Keynes on Pessimism

WhiteandKeynes
Assistant Secretary, U.S. Treasury, Harry Dexter White (left) and John Maynard Keynes, honorary advisor to the U.K. Treasury at the inaugural meeting of the International Monetary Fund’s Board of Governors in Savannah, Georgia, U.S., March 8, 1946. Source: IMF

We all know that we as human beings have a hard time separating ourselves from the present situation. If we are in a crisis, we think the tough times will last for years, and the contrary if we are in an economic boom. The opinions of experts, institutes and others reflect that behavior: most of their forecasts are a mere extrapolation of the present situation. No wonder that during the recent economic crisis we were bombarded by all kinds of negative comments. Déjà vu. The same thing happened in the 1930s during the Great Depression.

In 1930, J.M. Keynes wrote a short essay on the pessimism prevailing at that time, titled “Economic Possibilities for our Grandchildren.” Here are some excerpts:

We are suffering just now from a bad attack of economic pessimism. It is common to hear people say that the epoch of enormous economic progress which characterised the nineteenth century is over; that the rapid improvement in the standard of life is now going to slow down—at any rate in Great Britain; that a decline in prosperity is more likely than an improvement in the decade which lies ahead of us.

I believe that this is a wildly mistaken interpretation of what is happening to us. We are suffering, not from the rheumatics of old age, but from the growing-pains of over-rapid changes, from the painfulness of readjustment between one economic period and another. The increase of technical efficiency has been taking place faster than we can deal with the problem of labour absorption; the improvement in the standard of life has been a little too quick; the banking and monetary system of the world has been preventing the rate of interest from falling as fast as equilibrium requires.

The prevailing world depression, the enormous anomaly of unemployment in a world full of wants, the disastrous mistakes we have made, blind us to what is going on under the surface to the true interpretation of the trend of things. For I predict that both of the two opposed errors of pessimism which now make so much noise in the world will be proved wrong in our own time: the pessimism of the revolutionaries who think that things are so bad that nothing can save us but violent change, and the pessimism of the reactionaries who consider the balance of our economic and social life so precarious that we must risk no experiments.

My purpose in this essay, however, is not to examine the present or the near future, but to disembarrass myself of short views and take wings into the future. What can we reasonably expect the level of our economic life to be a hundred years hence?

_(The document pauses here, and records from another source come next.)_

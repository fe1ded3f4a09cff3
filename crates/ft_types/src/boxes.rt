//! Values in memory of their own.

ghost use Rattle.std.specs.Prelude.{◌≡◌, IfOk};

use crate::errors::Memory;
use std::alloc::Global;
use std::result::Result;

/// A value in memory of its own, so that what has it is small where it goes from hand to hand.
pub fn boxed<T: Drop>(alloc: Global, value: T) -> Result<Box<T>, Memory>
    ensures { IfOk result (λ own. own.value ≡ value) }
{
    Ok(Box::new(alloc, value)?)
}
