//! A pair: `pair KEEPERS NEED PAIR S`, the line before what a keeper of it hands out.

ghost use Rattle.std.specs.Prelude.{◌≡◌, ◌↔◌, ℕ, ◌+◌, ◌≤◌, ◌++◌, ◌∷◌, List, length, IfSome, IfNone, Some, decimal};
ghost use Rattle.ft_types.specs.Text.{line};
ghost use Rattle.ft_types.specs.declared.quorum.Quorum.{Quorum as quorum_of_specs};
ghost use Rattle.wire.specs.Fields.{spelling};
ghost use Rattle.wire.specs.Pairs.{IsPair, HasPair, SaysPair, pair_fields, pair_text};
ghost use Rattle.wire.specs.declared.pairs.Pair.{Pair as pair_of_specs};

use crate::fields::Fields;
use crate::line::{LINE_LIMIT, Line};
use crate::long_words::{push_long_word, take_long_word};
use crate::seals::{read_sealed, seal_line};
use ft_types::{Guest, Quorum};

/// A pair.
#[derive(Clone, Copy, PartialEq, Eq)]
pub struct Pair {
    /// How many keepers it has, and how many must hold an output.
    pub quorum: Quorum,
    /// The number that was chosen for it, by which it is told from others of its guest.
    pub name: u64,
}

/// Adds the fields of a pair behind a space.
pub(crate) fn push_pair(text: &mut Line, pair: &Pair)
    requires { length text.old + 59 ≤ LINE_LIMIT }
    ensures bytes { text.new ≡ text.old ++ 32 ∷ spelling (pair_fields pair.now) }
    ensures len { length text.new ≤ length text.old + 59 }
{
    text.push_number(u64::from(pair.quorum.keepers()));
    text.push_number(u64::from(pair.quorum.need()));
    push_long_word(text, pair.name);
}

/// The line of a pair.
pub fn pair_line(guest: &Guest, pair: &Pair) -> Line
    ensures { result ≡ line (pair_text guest.now pair.now) }
{
    let mut text = Line::new();
    text.push(b"pair");
    push_pair(&mut text, pair);
    seal_line(guest, text)
}

/// Takes the next fields, which are numbers of keepers.
fn take_quorum(fields: &mut Fields<'_>) -> Option<Quorum>
    ensures found { IfSome result (λ q. fields.old ≡ decimal q.keepers ∷ decimal q.need ∷ fields.new) }
    ensures none { IfNone result ((q : quorum_of_specs) (rest : List (List ℕ)) → fields.old ≡ decimal q.keepers ∷ decimal q.need ∷ rest → ⊥) }
{
    let keepers = fields.take_count()?;
    let need = fields.take_count()?;
    Quorum::new(keepers, need)
}

/// Takes the next fields, which are those of a pair.
pub(crate) fn take_pair(fields: &mut Fields<'_>) -> Option<Pair>
    ensures found { IfSome result (λ p. IsPair p × (fields.old ≡ pair_fields p ++ fields.new)) }
    ensures none { IfNone result ((p : pair_of_specs) (rest : List (List ℕ)) → IsPair p → fields.old ≡ pair_fields p ++ rest → ⊥) }
{
    let quorum = take_quorum(fields)?;
    let name = take_long_word(fields)?;
    Some(Pair { quorum, name })
}

/// The pair that the fields behind the name are.
fn pair_of(mut fields: Fields<'_>) -> Option<Pair>
    ensures found { IfSome result (λ p. HasPair fields.entry p) }
    ensures none { IfNone result ((p : pair_of_specs) → HasPair fields.entry p → ⊥) }
{
    let pair = take_pair(&mut fields)?;
    if fields.is_done() { Some(pair) } else { None }
}

/// The pair of which a line's text says so.
pub fn read_pair(guest: &Guest, text: &[u8]) -> Option<Pair>
    ensures exact { (p : pair_of_specs) → (result ≡ Some p) ↔ SaysPair guest.now text.now p }
{
    let fields = read_sealed(guest, b"pair", text)?;
    pair_of(fields)
}
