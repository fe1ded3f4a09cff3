//! The words that every other crate speaks in: harts, keepers, terms, pages and counts; guests, outputs, positions and quorums; devices
//! that are read and written; the lines, numbers and words of text files.
#![tactic(auto)]

mod boxes;
mod counts;
mod device;
mod errors;
mod guest;
mod line_buffer;
mod memory_device;
mod names;
mod output;
mod position;
mod quorum;
mod sets;
mod text;
mod text_before;

pub use boxes::boxed;
pub use counts::{Counts, same_counts};
pub use device::{Sink, Source, write_all};
pub use errors::{Failed, Memory};
pub use guest::{Guest, is_same_guest};
pub use line_buffer::LineBuffer;
pub use memory_device::{MemorySink, MemorySource};
pub use names::{
    COUNT_LIMIT, Count, HART_LIMIT, HART_ROW, Hart, INPUT_LIMIT, KEEPER_LIMIT, KEEPER_ROW, Keeper,
    LEASE_STEPS, PAGE_BYTES, PAGE_LIMIT, PAGE_ROW, PageNo, Term, Want,
};
pub use output::Output;
pub use position::Position;
pub use quorum::Quorum;
pub use sets::{HartSet, KeeperSet};
pub use text::{first_line, read_number, read_word, word_text};
pub use text_before::{put_before, put_number_before, put_word_before};
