//! Guests.

ghost use Rattle.std.specs.Prelude.{◌≡◌, ◌<◌, ◌≤◌, ◌↔◌, ℕ, IfSome, IsSome, slice_index};
ghost use Rattle.ft_types.specs.Guests.{IsGuest, same_guest};

use crate::names::HART_LIMIT;
use std::marker::Model;

/// The guest that a log is of: SHA-256 of its image file, and its number of harts, 1 to `HART_LIMIT`.
#[derive(Clone, Copy, PartialEq, Eq)]
pub struct Guest {
    digest: [u8; 32],
    harts: u8,
}

impl Model for Guest {
    ghost use Rattle.ft_types.specs.Guests.{GuestParts, IsGuest};

    ghost Value = { GuestParts };

    ghost view = { λ g. record { digest = g.digest; harts = g.harts } };

    ghost invariant = { λ g. IsGuest (record { digest = g.digest; harts = g.harts }) };

    ghost inverse = { λ p. record { digest = p.digest; harts = p.harts } };
}

/// What the type of bytes says of each.
fn bytes_fit(_bytes: &[u8])
    ensures { (i : ℕ) → slice_index _bytes.now i < 256 }
{}

/// Whether the guests are equal.
pub fn is_same_guest(guest: &Guest, other: &Guest) -> bool
    ensures { result ≡ same_guest guest.now other.now }
{
    guest == other
}

impl Guest {
    /// The guest with this digest and so many harts, or `None` exactly where no guest has so many.
    pub fn new(digest: [u8; 32], harts: u8) -> Option<Guest>
        ensures exact { IsSome result ↔ ((1 ≤ harts) × (harts ≤ HART_LIMIT)) }
        ensures parts { IfSome result (λ g. g ≡ record { digest = digest; harts = harts }) }
    {
        bytes_fit(&digest);
        if harts == 0 || harts > HART_LIMIT {
            return None;
        }
        Some(Guest { digest, harts })
    }

    /// SHA-256 of the image file's bytes.
    pub fn digest(&self) -> [u8; 32]
        ensures { result ≡ self.now.digest }
    {
        self.digest
    }

    /// The number of harts, 1 to `HART_LIMIT`.
    pub fn harts(&self) -> u8
        ensures value { result ≡ self.now.harts }
        ensures some { 1 ≤ result }
        ensures limit { result ≤ HART_LIMIT }
        ensures rules { IsGuest self.now }
    {
        self.harts
    }
}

What are the economic possibilities for our grandchildren?

From the earliest times of which we have record—back, say, to two thousand years before Christ—down to the beginning of the eighteenth century, there was no very great change in the standard of life of the average man living in the civilised centres of the earth […].

This slow rate of progress, or lack of progress, was due to two reasons: to the remarkable absence of important technical improvements and to the failure of capital to accumulate.

The absence of important technical inventions between the prehistoric age and comparatively modern times is truly remarkable. Almost everything which really matters and which the world possessed at the commencement of the modern age was already known to man at the dawn of history. Language, fire, the same domestic animals which we have to-day, wheat, barley, the vine and the olive, the plough, the wheel, the oar, the sail, leather, linen and cloth, bricks and pots, gold and silver, copper, tin, and lead—and iron was added to the list before 1000 B.C.—banking, statecraft, mathematics, astronomy, and religion. There is no record of when we first possessed these things.

The modern age opened; I think, with the accumulation of capital which began in the sixteenth century […].

For I trace the beginnings of British foreign investment to the treasure which Drake stole from Spain in 1580. Thus, every £1 which Drake brought home in 1580 has now become £100,000. Such is the power of compound interest!

From the sixteenth century, with a cumulative crescendo after the eighteenth, the great age of science and technical inventions began, which since the beginning of the nineteenth century has been in full flood: coal, steam, electricity, petrol, steel, rubber, cotton, the chemical industries, automatic machinery and the methods of mass production, wireless, printing, […].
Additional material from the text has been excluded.